• 31
    --- alıntı ---

    öncelikle tanım yapalım hamzaoğlunu eleştirenlere ana bacı din kitap dümdüz giden bir entry paylaşmasına rağmen , uçurulmayı geçtim, ceza bile almayan yazar.

    --- alıntı ---

    yazar dostum,

    beni modlara şikayet etmişsiniz, gerekli cevabı da almışsınız, eleştirilerinizi bir kaç ayrı başlıkta yazmışsınız, yetmemiş yeniden benim için yukarıdaki tanımı yapmışsınız.

    ceza aldım veya almadım, benden size ne?
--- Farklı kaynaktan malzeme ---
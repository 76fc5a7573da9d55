//! The place among the characters of an iterator.
ghost use Rattle.std.specs.Prelude.{◌≡◌, ◌+◌, ◌<◌, ◌≤◌, ◌∷◌, [], List, ℕ, false, None, IfSome};
ghost use Rattle.std.specs.Prelude.{OnOk, Option, length};
ghost use Rattle.std.specs.Iterator.{IsFinite};
ghost use Rattle.tinyjson_tokens.specs.Cursor.{Ready, Begins, Gives, Goes, HasPlace, Runs, Skips};
ghost use Rattle.tinyjson_tokens.specs.Cursor.{EndsRun, Shows, left, place};
ghost use Rattle.tinyjson_tokens.specs.Cursor.Laws.{nothing_left, shown_first, shown_once};
ghost use Rattle.tinyjson_grammar.specs.Characters.{is_white, text};
ghost use Rattle.tinyjson_grammar.specs.Position.{advance, position_at, origin};

use crate::source::Source;
use crate::utf16::push;
use std::alloc::AllocError;
use tinyjson_bytes::{Class, Digit, Plain, is_white};

/// The characters that are left, one of which may have been looked at, and the position.
#[derive(Drop)]
pub struct Cursor<I> {
    pub it: I,
    pub peeked: Option<char>,
    /// The iterator has given its end, and is not called again.
    pub done: bool,
    pub line: usize,
    pub column: usize,
}

/// The characters of an iterator.
#[derive(Drop)]
pub struct Characters<I>
where
    I: Iterator<Item = char>,
{
    pub cursor: Cursor<I>,
    pub ghost ready: { ∥ Ready I.can_next I.remaining cursor ∥₁ },
    pub ghost line_fits: { cursor.line < 18446744073709551616 },
    pub ghost column_fits: { cursor.column < 18446744073709551616 },
}

/// The line and the column after a character.
fn advance(line: usize, column: usize, c: char) -> (usize, usize)
    ensures { position_at result.0 result.1 ≡ advance (position_at line column) (c ∷ []) }
{
    if c == '\n' {
        (line.saturating_add(1), 0)
    } else {
        (line, column.saturating_add(1))
    }
}

impl<I: Iterator<Item = char>> Cursor<I> {
    /// Takes characters of a class straight from the iterator, and looks at the character after them.
    fn draw_run<C: Class>(&mut self, string: &mut String) -> Result<(), AllocError>
        requires ready { Ready I.can_next I.remaining self.old }
        requires place { HasPlace self.old }
        requires none { self.old.peeked ≡ None }
        requires more { self.old.done ≡ false }
        requires line { C.test 10 ≡ false }
        ensures ready { Ready I.can_next I.remaining self.new }
        ensures place { HasPlace self.new }
        ensures run { Runs I.next_gives C.test self.old (text string.old) result
            (text string.new) self.new }
        ensures stops { OnOk result (EndsRun C.test self.new) }
        ensures left { left I.remaining self.new ≤ left I.remaining self.old }
        ensures fewer { OnOk result (left I.remaining self.new + length (text string.new)
            ≤ left I.remaining self.old + length (text string.old)) }
    {
        let mut column = self.column;
        loop {
            let next = self.it.next();
            match next {
                Some(c) if C::passes(c) => {
                    if push(string, c).is_err() {
                        self.peeked = next;
                        self.column = column;
                        return Err(AllocError);
                    }
                    column = column.saturating_add(1);
                }
                _ => {
                    self.peeked = next;
                    self.done = next.is_none();
                    self.column = column;
                    return Ok(());
                }
            }
        }
    }

    /// Takes white space straight from the iterator, and shows what follows it.
    fn draw_white(&mut self) -> Option<char>
        requires ready { Ready I.can_next I.remaining self.old }
        requires place { HasPlace self.old }
        requires none { self.old.peeked ≡ None }
        requires more { self.old.done ≡ false }
        ensures ready { Ready I.can_next I.remaining self.new }
        ensures place { HasPlace self.new }
        ensures white { Skips I.next_gives is_white self.old self.new }
        ensures shows { Shows self.new result }
        ensures stops { IfSome result (λ c. is_white c ≡ false) }
        ensures left { left I.remaining self.new ≤ left I.remaining self.old }
    {
        loop {
            let next = self.it.next();
            match next {
                Some(c) if is_white(c) => {
                    let (line, column) = advance(self.line, self.column, c);
                    self.line = line;
                    self.column = column;
                }
                _ => {
                    self.peeked = next;
                    self.done = next.is_none();
                    return next;
                }
            }
        }
    }
}

impl<I: Iterator<Item = char>> Characters<I> {
    /// The source that gives what the iterator gives, up to its first end, from line 1, column 0 on.
    pub fn new(it: I) -> Self
        requires can { I.can_next it }
        requires finite { IsFinite (I.remaining it) }
        ensures gives { (xs : List ℕ) → Begins I.next_gives it xs →
            Gives I.next_gives result.cursor xs }
        ensures start { place result.cursor ≡ origin }
    {
        Characters {
            cursor: Cursor {
                it,
                peeked: None,
                done: false,
                line: 1,
                column: 0,
            },
        }
    }

    /// What the ghost field says: until the end came, the iterator may be called, and ends.
    fn ready(&self)
        ensures { Ready I.can_next I.remaining self.now.cursor }
    {}

    /// Takes the character that was looked at.
    #[inline(always)]
    fn pass(&mut self, c: char)
        requires { self.old.cursor.peeked ≡ Some c }
        ensures takes { Goes I.next_gives self.old.cursor (c ∷ []) self.new.cursor }
        ensures none { self.new.cursor.peeked ≡ None }
        ensures left { left I.remaining self.new.cursor < left I.remaining self.old.cursor }
    {
        let (line, column) = advance(self.cursor.line, self.cursor.column, c);
        self.cursor.peeked = None;
        self.cursor.line = line;
        self.cursor.column = column;
    }

    /// Takes the characters of a class that come next, none of which was looked at.
    fn take_run<C: Class>(&mut self, string: &mut String) -> Result<(), AllocError>
        requires none { self.old.cursor.peeked ≡ None }
        requires line { C.test 10 ≡ false }
        ensures run { Runs I.next_gives C.test self.old.cursor (text string.old) result
            (text string.new) self.new.cursor }
        ensures stops { OnOk result (EndsRun C.test self.new.cursor) }
        ensures still { (o : Option ℕ) → Shows self.old.cursor o → Shows self.new.cursor o }
        ensures left { left I.remaining self.new.cursor ≤ left I.remaining self.old.cursor }
        ensures fewer { OnOk result
            (left I.remaining self.new.cursor + length (text string.new)
            ≤ left I.remaining self.old.cursor + length (text string.old)) }
    {
        self.ready();
        if self.cursor.done {
            return Ok(());
        }
        self.cursor.draw_run::<C>(string)
    }

    /// Takes the characters of a class that come next.
    fn run<C: Class>(&mut self, string: &mut String) -> Result<(), AllocError>
        requires line { C.test 10 ≡ false }
        ensures run { Runs I.next_gives C.test self.old.cursor (text string.old) result
            (text string.new) self.new.cursor }
        ensures stops { OnOk result (EndsRun C.test self.new.cursor) }
        ensures still { OnOk result (text string.new ≡ text string.old →
            (o : Option ℕ) → Shows self.old.cursor o → Shows self.new.cursor o) }
        ensures left { left I.remaining self.new.cursor ≤ left I.remaining self.old.cursor }
        ensures fewer { OnOk result
            (left I.remaining self.new.cursor + length (text string.new)
            ≤ left I.remaining self.old.cursor + length (text string.old)) }
    {
        let Some(c) = self.cursor.peeked else {
            return self.take_run::<C>(string);
        };
        if !C::passes(c) {
            return Ok(());
        }
        push(string, c)?;
        self.pass(c);
        self.take_run::<C>(string)
    }

    /// Passes over the white space that comes next, none of which was looked at, and shows what follows it.
    fn take_white(&mut self) -> Option<char>
        requires { self.old.cursor.peeked ≡ None }
        ensures white { Skips I.next_gives is_white self.old.cursor self.new.cursor }
        ensures shows { Shows self.new.cursor result }
        ensures stops { IfSome result (λ c. is_white c ≡ false) }
        ensures left { left I.remaining self.new.cursor ≤ left I.remaining self.old.cursor }
    {
        self.ready();
        if self.cursor.done {
            return None;
        }
        self.cursor.draw_white()
    }
}

impl<I: Iterator<Item = char>> Source for Characters<I> {
    ghost sight = { record {
      gives = λ p. Gives I.next_gives p.cursor;
      shows = λ p. Shows p.cursor;
      place = λ p. place p.cursor;
      line_fits = λ p. p.line_fits;
      column_fits = λ p. p.column_fits;
      one = λ p. shown_once p.cursor;
      first = λ p. shown_first I.next_gives p.cursor;
      none = λ p. nothing_left I.next_gives p.cursor;
    } };

    ghost left = { λ p. left I.remaining p.cursor };

    ghost lent = { λ p. [] };

    fn peek(&mut self) -> Option<char> {
        self.ready();
        if self.cursor.peeked.is_some() || self.cursor.done {
            return self.cursor.peeked;
        }
        let next = self.cursor.it.next();
        self.cursor.peeked = next;
        self.cursor.done = next.is_none();
        next
    }

    #[inline(always)]
    fn bump(&mut self) -> Option<char> {
        let next = self.peek();
        if let Some(c) = next {
            self.pass(c);
        }
        next
    }

    fn skip_white(&mut self) -> Option<char> {
        let next = self.peek();
        match next {
            Some(c) if is_white(c) => {
                self.pass(c);
                self.take_white()
            }
            _ => next,
        }
    }

    fn plain(&mut self, string: &mut String) -> Result<(), AllocError> {
        self.run::<Plain>(string)
    }

    fn lent(&self) -> &str {
        ""
    }

    fn digits(&mut self, buffer: &mut String) -> Result<(), AllocError> {
        self.run::<Digit>(buffer)
    }

    fn position(&self) -> (usize, usize) {
        (self.cursor.line, self.cursor.column)
    }
}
    hadi diyelim niye ceza almadığımı merak ettiniz cevabını da modlar size vermiş. hala ısrar ve hınç nedir? üstelik gerekli cevabı isminiz altında daha önce samimiyetle size verdiğimi düşünüyorum. tanımazsın etmezsin tavuğuna mı hışt dedim nedir bu öfkeniz?

    üstelik yukarıdaki tanımınız da gerçek dışı, eleştirenler hakkında bir yazı paylaşmadım, hamza hoca ya küfür edip, dalga geçen yeni nesil internet taraftarları hakkında bir yazıyı alıntı yaptım. hamza hocaya söven yazıları benden önce paylaştılar, o zaman sesiniz çıktı mı? veya ben onlar niye ceza almadı mı dedim?

    ayrıca denge dengeoğlu, senin sevdiğin saydığın şu kişidir desem hoşuna gider mi? gitmez. o zaman hocanın rahmetli babasının verdiği bir isimle dalga geçme.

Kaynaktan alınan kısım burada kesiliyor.